A Holocaust denier is running for a school board election in Minnesota.
Vaughn Klingenberg, who is a candidate for Roseville Area Schools board, has made several comments discussing his beliefs that the Nazis did not want the Holocaust and that they were actually trying to "save" Jewish people.
In a July appearance on VT Radio's "Uncensored Alternative Foreign Policy Talk" podcast, Klingenberg described the Holocaust being orchestrated by "big Zionist Jews" to persecute "little Jews" and claimed that "the Jewish religion is an ideology based on victimization."
The Holocaust has been recognized as the genocide of European Jews by Nazi Germany and described by the National WWII Museum as the "deliberate, organized, state-sponsored persecution and machinelike murder of approximately six million European Jews and at least five million Soviet prisoners of war, Romany, Jehovah's Witnesses, homosexuals, and other victims."

Klingenberg's name appears on a list of individuals who have filed affidavits of candidacy for the Roseville Area Schools board election, according to the district website. Information from the Minnesota Secretary of State's office shows that Klingenberg filed his candidacy on August 14.
The November 7 election will elect six members to the board that oversees education policy decisions for the Twin Cities suburbs. The 2020 U.S. Census states that 36,254 people live in Roseville. The bureau estimates that children under 18 represent 24 percent of the population.
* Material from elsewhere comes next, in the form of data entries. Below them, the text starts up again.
ghost use Rattle.std.specs.Prelude.{◌≡◌};
ghost use Rattle.labels.specs.Connectives.{absorbing_part, neutral_part, joined_part};

use crate::part::Part;

// What two labels are joined by.
#[derive(Clone, Copy)]
pub enum Connective {
    And,
    Or,
}

impl Connective {
    // The part that is the result wherever it is joined.
    pub fn absorbing(self) -> Part
        ensures { result ≡ absorbing_part self }
    {
        match self {
            Connective::And => Part::False,
            Connective::Or => Part::True,
        }
    }

    // The part that a joining leaves out.
    pub fn neutral(self) -> Part
        ensures { result ≡ neutral_part self }
    {
        match self {
            Connective::And => Part::True,
            Connective::Or => Part::False,
        }
    }

    // The part that joins two others, by their places.
    pub fn joined(self, i: usize, j: usize) -> Part
        ensures { result ≡ joined_part self i j }
    {
        match self {
            Connective::And => Part::And(i, j),
            Connective::Or => Part::Or(i, j),
        }
    }
}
Newsweek reached out to Roseville Area Schools via email for comment.
On the VT podcast, Klingenberg said that "Holocaust truthers are doing the Jews a favor" by giving them "facts" about the genocide that they don't want to face.
"I think there's profound cognitive dissidence in the Jewish community," he said, adding that, "Jews, systematically, in particular, don't want to know history if it contradicts their orthodox framework for the Holocaust."
"There's absolutely no evidence whatsoever that Jews were gassed in the concentration camps and you tell that to someone who's Jewish and, like I said, they're not even going to have that conversation because I don't know if they know they'll lose the conversation or what," Klingenberg said.
Between 1943 and 1944, an average of 6,000 Jews were gassed each day at Auschwitz, according to the U.S. Holocaust Memorial Museum. Witnesses who testified about the Nazi's euthanasia program, both inmates and Nazis, have confirmed reports of the gas chambers.
Klingenerg has also authored a book titled "The Big Lie: The Holocaust (An Introduction to the Greatest Fraud of the 20th Century)" and done other interviews promoting his views.
His comments come amid the nation's rise in antisemitism. A report released by the Anti-Defamation League in April found that antisemitism incidents in the U.S. increased by more than 35 percent in 2022. The year before, the annual report found that 2021 set a new high for antisemitic incidents.